The key to nearly all proofs by induction of expressions similar to this is a 6-step process:
- Define the proposition for $A_r$.
- Prove the base case. This is usually $A_1$.
- Consider the left-hand side of $A_r$ with the inclusion of the additional $(r+1)$-th term.
- Expand out all brackets
- Factorise again. Leverage the factor theorem to find factors one-by-one.
- Remember that you actually know the requisite factors, because you know that the end goal is the right hand side of $A_{r+1}$.
Thus, in your case, as it goes like this:
To Prove:
$$1^3 + 3^3 + ... + (2n + 1)^3 = (n+1)^2(2n^2 + 4n + 1)$$
Proof:
Let $A_r$ be the proposition that
$$1^3 + 3^3 + ... + (2r + 1)^3 = (r+1)^2(2r^2 + 4r + 1) \quad \textrm{...(Eqn 1)}$$
Clearly $A_1$ is true, as lhs = $1^3+3^3 = 28$, and rhs = $(1+1)^2(2+4+1)=28 = $lhs.
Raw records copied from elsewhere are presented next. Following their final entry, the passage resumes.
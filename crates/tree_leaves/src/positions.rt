//! Positions of the tree by their numbers, and what their keys are called.
ghost use Rattle.std.specs.Prelude.{◌≡◌, ◌<◌};
ghost use Rattle.group_terms.specs.declared.keys.KeyName.TheVariants.{Node};

use group_terms::{KeyName, LkhId};

/// The position of this number.
pub fn position(number: usize) -> LkhId
    requires positive { 0 < number }
    requires small { number < 65536 }
    ensures { result ≡ number }
{
    LkhId::new(number as u16).unwrap()
}

/// The name of the key that a position was given in an epoch.
pub fn node(v: usize, made: u32) -> KeyName
    requires positive { 0 < v }
    requires small { v < 65536 }
    ensures { result ≡ Node v made }
{
    let id = position(v);
    KeyName::Node { id, made }
}
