//! Lists a journal: its octets come from standard input, and what it has goes to standard output, but for the values of its keys.
#![tactic(auto)]

use gd_edges::{StdSink, StdSource};
use journal_listing::list_journal;
use run_report::Ending;
use std::alloc::AllocError;
use std::env;
use std::io::ErrorKind;
use std::process::ExitCode;

fn main(rt: HostRuntime) -> ExitCode {
    let ending = match count_words(&rt) {
        Ok(words) => list(&rt, words),
        Err(AllocError) => Ending::Memory,
    };
    ExitCode::from(ending.status())
}

/// Lists the journal of standard input, where there are no words.
fn list(rt: &HostRuntime, words: usize) -> Ending {
    let mut journal = StdSource::new(rt.stdin());
    let mut out = StdSink::new(rt.stdout());
    list_journal(rt.alloc(), words, &mut journal, &mut out)
}

/// How many words come after the program's name; one where they cannot be had as text.
fn count_words(rt: &HostRuntime) -> Result<usize, AllocError> {
    match env::args(rt) {
        Ok(args) => Ok(args.skip(1).count()),
        Err(error) => match error.kind() {
            ErrorKind::OutOfMemory => Err(AllocError),
            _ => Ok(1),
        },
    }
}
Now consider the expression
\begin{align}
& 1^3 + 3^3 + ... + (2r + 1)^3 +(2r+3)^3 \\
& = \left( 1^3 + 3^3 + ... + (2r + 1)^3 \right) +(2r+3)^3 \\
& = (r+1)^2(2r^2 + 4r + 1) + (2r+3)^3 \quad \textrm{(using Eqn 1.)}
\end{align}
Expanding the parentheses, we get:
\begin{align}
& (r^2+2r+1)(2r^2 + 4r + 1) + (8r^3+36r^2+54r+27) \\
& = (r^2+2r+1)(2r^2 + 4r + 1) + (8r^3+36r^2+54r+27) \\
& = (2r^4+8r^3+11r^2+6r+1) + (8r^3+36r^2+54r+27) $$\\
& = 2r^4+16r^3+47r^2+60r+28 \quad \quad \textrm{...(Eqn 2)}
\end{align}
Now let $f(r) = 2r^4+16r^3+47r^2+60r+28 $
Since $f(-2) = 32 - 128 +188-120+28 =0$,
the factor theorem implies that $(r+2)$ is a factor of $f(r)$.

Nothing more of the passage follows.